You really want to do something about your student loans. You’d like to have a bit of money in the bank, too. And at some point, you know you should save for retirement.

But when there’s only so much extra to go around, what should you do with it? Should you pay off debt, build up savings, or invest?

No matter what you decide, it’s a win when you’re making financial progress. But here are a few tips and ideas to help you prioritize these financial goals:

Stash Away Emergency Cash

If you’re just starting to get on your feet, you probably know what it’s like to have an unexpected expense and not know exactly where you’ll find the cash. Instead of relying on a credit card, start by putting a bit back towards an emergency fund.

Get started with $1,000 in an emergency fund – or one month’s worth of pay if you feel that sum isn’t too overwhelming. You’ll want more emergency savings eventually, but this is a great place to start.

Get Rid of Toxic Debt

While all debt is risk, all debt is not created equal. Student loan debt is not often considered toxic because the interest rate isn’t sky-high – unlike interest rates on things like credit cards.

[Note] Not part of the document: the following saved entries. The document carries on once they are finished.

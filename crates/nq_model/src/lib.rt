//! Types, terms, values, cells and schemas, with the definitions that every other crate cites.
#![tactic(auto)]

mod cell_ref;
mod laws;
mod list;
mod memory;
mod operators;
mod order;
mod step_laws;
mod table;
mod term;
mod term_copy;
mod text;
mod ty;
mod type_laws;
mod value;
mod value_laws;

pub use cell_ref::CellRef;
pub use laws::{canonical_laws, sameness_laws};
pub use list::List;
pub use memory::{Memory, boxed};
pub use operators::{binary_value, is_true, unary_value};
pub use order::{in_label_order, label_order};
pub use step_laws::{substitution_laws, unfolding_laws};
pub use table::{Cell, ColumnType, Schema, TableShape};
pub use term::{Binary, Node, Term, Unary};
pub use text::{Label, Text};
pub use ty::Ty;
pub use type_laws::{judging_laws, typing_laws};
pub use value::Value;
pub use value_laws::meaning_laws;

With high-interest credit card debt, it’s important to make paying it down a priority. When you’re paying 20% in interest every month and just making the minimum payments, it’s really hard to get ahead.

Once you’ve built up your emergency fund, send the extra money straight to paying off high interest rate debt.

Invest in Tax-Advantaged Accounts

Once you have a bit in savings and your debt is headed in the right direction, it’s time to tackle investing for retirement. The best place to stash the money is in a tax-advantaged account.

Some employers will match retirement contributions up to a certain percentage of salary. If your employer offers this match, that’s the first place to invest. It’s free money!

The exact type of account you’ll use will depend on your employment:

  • If you work at a company, you probably have access to a 401(k) plan or a Simple Individual Retirement Account (Simple IRA)
  • If you work for the government or a non-profit, you might have access to a 403(b) or a Thrift Savings Plan (TSP)
  • If you are self-employed, look into a Simplified Employee Pension Plan (SEP)

You can also take advantage of a traditional IRA or a Roth IRA, whichever tax advantaged account makes more sense for your situation

Create a Personalized Plan

Once you’ve tackled these three big moves, you’re saving, paying down debt, and investing – all at the same time.

From here, there’s not a single right answer that will fit everyone’s financial situation so consider what you’d like to accomplish with your money and allocate the extra accordingly.

Remember, it’s always possible put a little bit of money towards multiple goals so you can repay debt, save, and invest at the same time.

For example, send 70% of your discretionary income to your student loans, 20% towards investing for your future, and 10% to building up a cash savings reserve.

Consider the following scenarios for some guidance about smart ways to use your extra cash:

Do you have debt with interest rates higher than 5%? Or does having debt just mentally weigh you down? Prioritize paying down debt.

If your debt has a high interest rate (>5%), concentrate on debt repayment. You’re guaranteed to get at least a 5% return on your money.

Not only that, when you pay off debt you’ll permanently reduce your monthly obligations.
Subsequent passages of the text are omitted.